What is needed >> Please repeat, unchanged, the lines at the top of the listing below, ending with the one that has "every other node.".
--- Dataset extract ---
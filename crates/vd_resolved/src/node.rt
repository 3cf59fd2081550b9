//! Nodes of resolved trees.

use vd_declarations::{DeclId, TypeId};
use vd_forms::Form;

/// What stands at a node of a resolved tree beside its text and its place.
#[derive(Clone, Copy, Debug)]
pub struct Resolved {
    /// The alternative of the grammar that it comes from.
    pub form: Form,
    /// What a name means, and the operator or function that a call calls.
    pub declaration: Option<DeclId>,
    /// The type of an expression.
    pub mark: Option<TypeId>,
    /// The position of the enumeration literal or record element that a name means; 0 at every other node.
    pub position: u32,
}
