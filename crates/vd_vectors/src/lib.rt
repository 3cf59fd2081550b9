//! Operators on values of BIT, BOOLEAN and STD_ULOGIC and on arrays of them, and orders of arrays of discrete elements.
#![tactic(auto)]

pub mod laws;
pub mod lists;
pub mod logical;
pub mod logics;
pub mod matching;
pub mod orders;
pub mod shifts;

pub use laws::{results_are_as_long, support_functions_are_operators, two_values_are_bits};
pub use logical::{LogicalOperator, logical_operation, negated, reduction};
pub use logics::LogicType;
pub use matching::{condition, matches};
pub use orders::{Relation, matching_ordered, ordered};
pub use shifts::{ShiftOperator, shift};
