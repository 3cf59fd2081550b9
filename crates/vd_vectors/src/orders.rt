//! The ordering operators.

ghost use Rattle.std.specs.Prelude.{◌≡◌, Some, None};
ghost use Rattle.vd_composites.specs.Answers.{Answers};
ghost use Rattle.vd_composites.specs.Scalars.{position_of};
ghost use Rattle.vd_composites.specs.Answers.{Found};
ghost use Rattle.vd_vectors.specs.Orders.{array_order, holds, matching_ordered as matching_ordered_value, order, order_by_shapes, ordered as ordered_value};

use crate::lists::{order_lists, order_positions};
use crate::logics::{LogicType, of_logic, of_truth};
use std::alloc::Global;
use std::cmp::Ordering;
use vd_composites::{Value, ValueEnd};
use vd_values::{Logic, Scalar, StopKind};

/// An ordering operator.
#[derive(Clone, Copy, PartialEq, Eq, Debug)]
pub enum Relation {
    IsLess,
    IsAtMost,
    IsGreater,
    IsAtLeast,
}

/// The position of a scalar value in its type.
fn position(scalar: Scalar) -> i128
    ensures { result ≡ position_of scalar }
{
    match scalar {
        Scalar::Integer(x) => i128::from(x),
        Scalar::Literal(position) => i128::from(position),
        Scalar::Time(femtoseconds) => i128::from(femtoseconds),
    }
}

/// Whether an operator holds of two values in this order.
fn relation_holds(relation: Relation, order: Ordering) -> bool
    ensures { result ≡ holds relation order }
{
    match (relation, order) {
        (Relation::IsLess | Relation::IsAtMost, Ordering::Less) => true,
        (Relation::IsGreater | Relation::IsAtLeast, Ordering::Greater) => true,
        (Relation::IsAtMost | Relation::IsAtLeast, Ordering::Equal) => true,
        _ => false,
    }
}

/// The order of two arrays.
fn order_arrays(alloc: Global, left: &Value, right: &Value) -> Result<Ordering, ValueEnd>
    ensures { Found result (array_order left.now right.now) }
{
    let l = left.positions(alloc)?;
    let r = right.positions(alloc)?;
    Ok(order_lists(&l, &r))
}

/// The order of two scalars.
fn order_scalars(left: &Value, right: &Value) -> Result<Ordering, ValueEnd>
    ensures { Found result (order_by_shapes None None left.now right.now) }
{
    match (left.as_scalar(), right.as_scalar()) {
        (Some(l), Some(r)) => Ok(order_positions(position(l), position(r))),
        _ => Err(ValueEnd::Stop(StopKind::Range)),
    }
}

/// The order of two values.
fn order_values(alloc: Global, left: &Value, right: &Value) -> Result<Ordering, ValueEnd>
    ensures { Found result (order left.now right.now) }
{
    match (left.bounds(), right.bounds()) {
        (Some(_), Some(_)) => order_arrays(alloc, left, right),
        (None, None) => order_scalars(left, right),
        _ => Err(ValueEnd::Stop(StopKind::Range)),
    }
}

/// The operators `<`, `<=`, `>` and `>=`.
pub fn ordered(
    alloc: Global,
    relation: Relation,
    left: &Value,
    right: &Value,
) -> Result<Value, ValueEnd>
    ensures { Answers result (ordered_value relation left.now right.now) }
{
    let order = order_values(alloc, left, right)?;
    of_truth(alloc, relation_holds(relation, order))
}

/// The operators `?<`, `?<=`, `?>` and `?>=` on BIT.
pub fn matching_ordered(
    alloc: Global,
    relation: Relation,
    left: &Value,
    right: &Value,
) -> Result<Value, ValueEnd>
    ensures { Answers result (matching_ordered_value relation left.now right.now) }
{
    let order = order_values(alloc, left, right)?;
    let value = if relation_holds(relation, order) {
        Logic::One
    } else {
        Logic::Zero
    };
    of_logic(alloc, LogicType::TwoValued, value)
}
---
Written reply >>
filename crates/vd_resolved/src/node.rt
repository 3cf59fd2081550b9
//! Nodes of resolved trees.

use vd_declarations::{DeclId, TypeId};
use vd_forms::Form;

/// What stands at a node of a resolved tree beside its text and its place.
#[derive(Clone, Copy, Debug)]
pub struct Resolved {
    /// The alternative of the grammar that it comes from.
    pub form: Form,
    /// What a name means, and the operator or function that a call calls.
    pub declaration: Option<DeclId>,
    /// The type of an expression.
    pub mark: Option<TypeId>,
    /// The position of the enumeration literal or record element that a name means; 0 at every other node.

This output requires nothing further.